In this project, I have implement a content based recommender via an web app by recommending similarity based Java programming wiki-books content ( https://en.wikibooks.org/wiki/Java_Programming ) to Stackoverflow.com data set (10 posts).
To do this:
- First, crawled java programming wikibooks pages (crawlingSoup.java)
- Used Apache Lucene (SOLR or any Lucene compatibles to index crawled content )
- built a simple web app to display the provided StackOverflow 10 posts, by selecting each post,
- listed recommendations - the top 10 relevant wikibooks items (from your indexed documents).
Code Run Instructions : run serveletExample2.java using tomcat server(version used is 7).
Main JSP File which is called automatically from servelet is index.jsp
External Jar Libraries used are :
- jsop-1.8.3.jar
- lucene-analyzers-common-4.8.0.jar
- lucene-core-4.8.0.jar
- lucene-demo-4.8.0.jar
- lucene-queryparser-4.8.0.jar
Java files and their functions
- crawlingSoup.java - Used to crawl data from website given and 3 types of folders are created. Jsoup is used to crwal the data.

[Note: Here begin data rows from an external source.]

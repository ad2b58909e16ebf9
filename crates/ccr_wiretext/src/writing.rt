//! The canonical text, line by line.

ghost use Rattle.std.specs.Prelude.{◌≡◌, ◌++◌, [], ◌∷◌, true, OnOk, IfOk, map, flat_map};
ghost use Rattle.ccr_wiring.specs.Openness.{is_closed};
ghost use Rattle.ccr_text.specs.Spelling.{line_text, text_of};
ghost use Rattle.std.specs.List.{All};
ghost use Rattle.ccr_wiretext.specs.Reading.{reading_text};
ghost use Rattle.ccr_wiretext.specs.Values.{IsValue, IsActionValued, IsHandlerValued, IsPatternValued, IsArbiterValued, IsPosterValued, IsValued};
ghost use Rattle.ccr_wiretext.specs.Spelling.{version_words, budget_words, queue_words, port_words, set_words, cause_words, action_words, end_words, handler_lines, branch_words, combine_words, block_lines, arbiter_lines, post_words, poster_lines, queue_lines, port_lines, acting_lines, spelling};

use crate::laws::what_is_written_is_read;
use crate::words::LineWords;
use ccr_base::{Action, List, Name, OutOfMemory};
use ccr_wiring::{
    ArbiterPart, BranchPart, CausePart, DomainPart, HandlerPart, Kind, Parts, PosterPart,
    QueuePart, ScriptPost, SetPart, Wiring,
};
use std::alloc::Global;

/// The text so far.
type Text = Vec<u8>;

/// Adds a line of these words, with single spaces and LF.
#[tactic(auto, using(crate::proofs::Written::line_put))]
fn put_words(out: &mut Text, first: &Name, others: &[Name]) -> Result<(), OutOfMemory>
    ensures { OnOk result (out.new.items ≡ out.old.items ++ line_text (first.now ∷ others.now)) }
{
    out.extend_from_slice(first.as_slice())?;
    put_spaced(out, others)?;
    out.push(b'\n')?;
    Ok(())
}

fn put_line(out: &mut Text, words: &[Name]) -> Result<(), OutOfMemory>
    ensures { OnOk result (out.new.items ≡ out.old.items ++ line_text words.now) }
{
    match words.split_first() {
        Some((first, others)) => put_words(out, first, others),
        None => {
            out.push(b'\n')?;
            Ok(())
        }
    }
}

/// What follows the first word of a line, up to its LF.
pub fn put_spaced(out: &mut Text, words: &[Name]) -> Result<(), OutOfMemory>
    ensures { OnOk result (out.new.items ≡ out.old.items ++ flat_map (λ word. 32 ∷ word) words.now) }
{
    for word in words {
        out.push(b' ')?;
        out.extend_from_slice(word.as_slice())?;
    }
    Ok(())
}

fn put_named(alloc: Global, out: &mut Text, first: &str, name: &Name) -> Result<(), OutOfMemory>
    ensures { OnOk result (out.new.items ≡ out.old.items ++ line_text (first.now ∷ name.now ∷ [])) }
{
    let mut line = LineWords::new(alloc);
    line.word_and_name(first, name.as_slice())?;
    put_line(out, line.as_slice())
}

fn put_end(alloc: Global, out: &mut Text) -> Result<(), OutOfMemory>
    ensures { OnOk result (out.new.items ≡ out.old.items ++ line_text end_words) }
{
    let mut line = LineWords::new(alloc);
    line.end()?;
    put_line(out, line.as_slice())
}

fn put_budget(alloc: Global, out: &mut Text, budget: u32) -> Result<(), OutOfMemory>
    ensures { OnOk result (out.new.items ≡ out.old.items ++ line_text (budget_words budget)) }
{
    let mut line = LineWords::new(alloc);
    line.budget(budget)?;
    put_line(out, line.as_slice())
}

fn put_queues(alloc: Global, out: &mut Text, queues: &[QueuePart]) -> Result<(), OutOfMemory>
    ensures { OnOk result (out.new.items ≡ out.old.items ++ text_of (map queue_words queues.now)) }
{
    for part in queues {
        let mut line = LineWords::new(alloc);
        line.queue(part)?;
        put_line(out, line.as_slice())?;
    }
    Ok(())
}

fn put_ports(alloc: Global, out: &mut Text, ports: &[Name]) -> Result<(), OutOfMemory>
    ensures { OnOk result (out.new.items ≡ out.old.items ++ text_of (map port_words ports.now)) }
{
    for name in ports {
        put_named(alloc, out, "port", name)?;
    }
    Ok(())
}

fn put_sets(
    alloc: Global,
    out: &mut Text,
    parts: &Parts,
    sets: &[SetPart],
) -> Result<(), OutOfMemory>
    ensures { OnOk result (out.new.items ≡ out.old.items ++ text_of (map (set_words parts.now) sets.now)) }
{
    for part in sets {
        let mut line = LineWords::new(alloc);
        line.set(parts, part)?;
        put_line(out, line.as_slice())?;
    }
    Ok(())
}

fn put_causes(
    alloc: Global,
    out: &mut Text,
    parts: &Parts,
    causes: &[CausePart],
) -> Result<(), OutOfMemory>
    ensures { OnOk result (out.new.items ≡ out.old.items ++ text_of (map (cause_words parts.now) causes.now)) }
{
    for part in causes {
        let mut line = LineWords::new(alloc);
        line.cause(parts, part)?;
        put_line(out, line.as_slice())?;
    }
    Ok(())
}

fn put_actions(
    alloc: Global,
    out: &mut Text,
    parts: &Parts,
    actions: &[Action],
) -> Result<(), OutOfMemory>
    ensures text { OnOk result (out.new.items ≡ out.old.items ++ text_of (map (action_words parts.now) actions.now)) }
    ensures valued { OnOk result (All IsActionValued actions.now) }
{
    for action in actions {
        let mut line = LineWords::new(alloc);
        line.action(parts, action)?;
        put_line(out, line.as_slice())?;
    }
    Ok(())
}

fn put_handler(
    alloc: Global,
    out: &mut Text,
    parts: &Parts,
    part: &HandlerPart,
) -> Result<(), OutOfMemory>
    ensures text { OnOk result (out.new.items ≡ out.old.items ++ text_of (handler_lines parts.now part.now)) }
    ensures valued { OnOk result (IsHandlerValued part.now) }
{
    put_named(alloc, out, "handler", &part.name)?;
    put_actions(alloc, out, parts, part.handler.actions.as_slice())?;
    put_end(alloc, out)
}

fn put_handlers(
    alloc: Global,
    out: &mut Text,
    parts: &Parts,
    handlers: &[HandlerPart],
) -> Result<(), OutOfMemory>
    ensures text { OnOk result (out.new.items ≡ out.old.items ++ text_of (flat_map (handler_lines parts.now) handlers.now)) }
    ensures valued { OnOk result (All IsHandlerValued handlers.now) }
{
    for part in handlers {
        put_handler(alloc, out, parts, part)?;
    }
    Ok(())
}

fn put_branches(
    alloc: Global,
    out: &mut Text,
    parts: &Parts,
    branches: &[BranchPart],
) -> Result<(), OutOfMemory>
    ensures text { OnOk result (out.new.items ≡ out.old.items ++ text_of (map (branch_words parts.now) branches.now)) }
    ensures valued { OnOk result (All (λ branch. IsPatternValued branch.pattern) branches.now) }
{
    for branch in branches {
        let mut line = LineWords::new(alloc);
        line.branch(parts, branch)?;
        put_line(out, line.as_slice())?;
    }
    Ok(())
}

/// The branches of a choice or Interleave, in a block of its own.
fn put_block(
    alloc: Global,
    out: &mut Text,
    parts: &Parts,
    first: &str,
    part: &ArbiterPart,
) -> Result<(), OutOfMemory>
    ensures text { OnOk result (out.new.items ≡ out.old.items ++ text_of (block_lines parts.now first.now part.now)) }
    ensures valued { OnOk result (IsArbiterValued part.now) }
{
    put_named(alloc, out, first, &part.name)?;
    put_branches(alloc, out, parts, part.branches.as_slice())?;
    put_end(alloc, out)
}

fn put_arbiter(
    alloc: Global,
    out: &mut Text,
    parts: &Parts,
    part: &ArbiterPart,
) -> Result<(), OutOfMemory>
    ensures text { OnOk result (out.new.items ≡ out.old.items ++ text_of (arbiter_lines parts.now part.now)) }
    ensures valued { OnOk result (IsArbiterValued part.now) }
{
    match part.kind {
        Kind::Receive => put_branches(alloc, out, parts, part.branches.as_slice()),
        Kind::Choice => put_block(alloc, out, parts, "choice", part),
        Kind::Interleave => put_block(alloc, out, parts, "interleave", part),
    }
}

fn put_arbiters(
    alloc: Global,
    out: &mut Text,
    parts: &Parts,
    arbiters: &[ArbiterPart],
) -> Result<(), OutOfMemory>
    ensures text { OnOk result (out.new.items ≡ out.old.items ++ text_of (flat_map (arbiter_lines parts.now) arbiters.now)) }
    ensures valued { OnOk result (All IsArbiterValued arbiters.now) }
{
    for part in arbiters {
        put_arbiter(alloc, out, parts, part)?;
    }
    Ok(())
}

fn put_domains(
    alloc: Global,
    out: &mut Text,
    parts: &Parts,
    domains: &[DomainPart],
) -> Result<(), OutOfMemory>
    ensures { OnOk result (out.new.items ≡ out.old.items ++ text_of (map (combine_words parts.now) domains.now)) }
{
    for part in domains {
        let mut line = LineWords::new(alloc);
        line.domain(parts, part)?;
        put_line(out, line.as_slice())?;
    }
    Ok(())
}

fn put_posts(
    alloc: Global,
    out: &mut Text,
    parts: &Parts,
    posts: &[ScriptPost],
) -> Result<(), OutOfMemory>
    ensures text { OnOk result (out.new.items ≡ out.old.items ++ text_of (map (post_words parts.now) posts.now)) }
    ensures valued { OnOk result (All (λ post. IsValue post.value) posts.now) }
{
    for post in posts {
        let mut line = LineWords::new(alloc);
        line.post(parts, post)?;
        put_line(out, line.as_slice())?;
    }
    Ok(())
}

fn put_poster(
    alloc: Global,
    out: &mut Text,
    parts: &Parts,
    part: &PosterPart,
) -> Result<(), OutOfMemory>
    ensures text { OnOk result (out.new.items ≡ out.old.items ++ text_of (poster_lines parts.now part.now)) }
    ensures valued { OnOk result (IsPosterValued part.now) }
{
    put_named(alloc, out, "poster", &part.name)?;
    put_posts(alloc, out, parts, part.posts.as_slice())?;
    put_end(alloc, out)
}

fn put_posters(
    alloc: Global,
    out: &mut Text,
    parts: &Parts,
    posters: &[PosterPart],
) -> Result<(), OutOfMemory>
    ensures text { OnOk result (out.new.items ≡ out.old.items ++ text_of (flat_map (poster_lines parts.now) posters.now)) }
    ensures valued { OnOk result (All IsPosterValued posters.now) }
{
    for part in posters {
        put_poster(alloc, out, parts, part)?;
    }
    Ok(())
}

fn put_version(alloc: Global, out: &mut Text, version: u32) -> Result<(), OutOfMemory>
    ensures { OnOk result (out.new.items ≡ out.old.items ++ line_text (version_words version)) }
{
    let mut line = LineWords::new(alloc);
    line.version(version)?;
    put_line(out, line.as_slice())
}

/// The version, the budget and the queues.
#[tactic(auto, unfolding(crate::specs::Spelling::queue_lines))]
fn put_queue_lines(alloc: Global, out: &mut Text, parts: &Parts) -> Result<(), OutOfMemory>
    ensures { OnOk result (out.new.items ≡ out.old.items ++ text_of (queue_lines parts.now)) }
{
    put_version(alloc, out, parts.version)?;
    put_budget(alloc, out, parts.budget)?;
    put_queues(alloc, out, parts.queues.as_slice())
}

/// The ports, the port sets and the causes.
#[tactic(auto, unfolding(crate::specs::Spelling::port_lines))]
fn put_port_lines(alloc: Global, out: &mut Text, parts: &Parts) -> Result<(), OutOfMemory>
    ensures { OnOk result (out.new.items ≡ out.old.items ++ text_of (port_lines parts.now)) }
{
    put_ports(alloc, out, parts.ports.as_slice())?;
    put_sets(alloc, out, parts, parts.sets.as_slice())?;
    put_causes(alloc, out, parts, parts.causes.as_slice())
}

/// The handlers, the arbiters, the combined Interleaves and the posters.
#[tactic(auto, unfolding(crate::specs::Spelling::acting_lines))]
fn put_acting_lines(alloc: Global, out: &mut Text, parts: &Parts) -> Result<(), OutOfMemory>
    ensures text { OnOk result (out.new.items ≡ out.old.items ++ text_of (acting_lines parts.now)) }
    ensures valued { OnOk result (IsValued parts.now) }
{
    put_handlers(alloc, out, parts, parts.handlers.as_slice())?;
    put_arbiters(alloc, out, parts, parts.arbiters.as_slice())?;
    put_domains(alloc, out, parts, parts.domains.as_slice())?;
    put_posters(alloc, out, parts, parts.posters.as_slice())
}

fn put_parts(alloc: Global, out: &mut Text, parts: &Parts) -> Result<(), OutOfMemory>
    ensures text { OnOk result (out.new.items ≡ out.old.items ++ spelling parts.now) }
    ensures valued { OnOk result (IsValued parts.now) }
{
    put_queue_lines(alloc, out, parts)?;
    put_port_lines(alloc, out, parts)?;
    put_acting_lines(alloc, out, parts)
}

/// The canonical text of a wiring: single spaces, LF after each line, no line that a reader skips, numbers without
/// leading zeros, plain port names, and the kinds in one order.
pub fn write_wiring(alloc: Global, w: &Wiring) -> Result<List<u8>, OutOfMemory>
    ensures spelling { IfOk result (λ text. text ≡ spelling w.now) }
    ensures read { IfOk result (λ text. is_closed w.now ≡ true → reading_text text ≡ Ok w.now) }
{
    what_is_written_is_read();
    let mut out = Vec::new(alloc);
    put_parts(alloc, &mut out, w.parts())?;
    Ok(List::from_vec(out))
}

- textfiles : which will store text files for every indexed page
- linknames : which stores links to file names
- htmlfiles : stores html code for files
-
Keyword.java - This is file containing third party code which is used in indexing files
-
SampleLuceneIndexing.java - This file contain indexing code which is combination of code provided by professor, third party code and self written code.
-
ServeletExample2.java - This file contains servelet code which acts as binding place to call all other java files and dynamically calling index.jsp page
-
index.jsp - This file uses foundation responsive framework to render collapsible panel functionality.
Error Handling
- As crawling is done on init() function of servlet, if sometimes directory is not found than please restart the server and run again.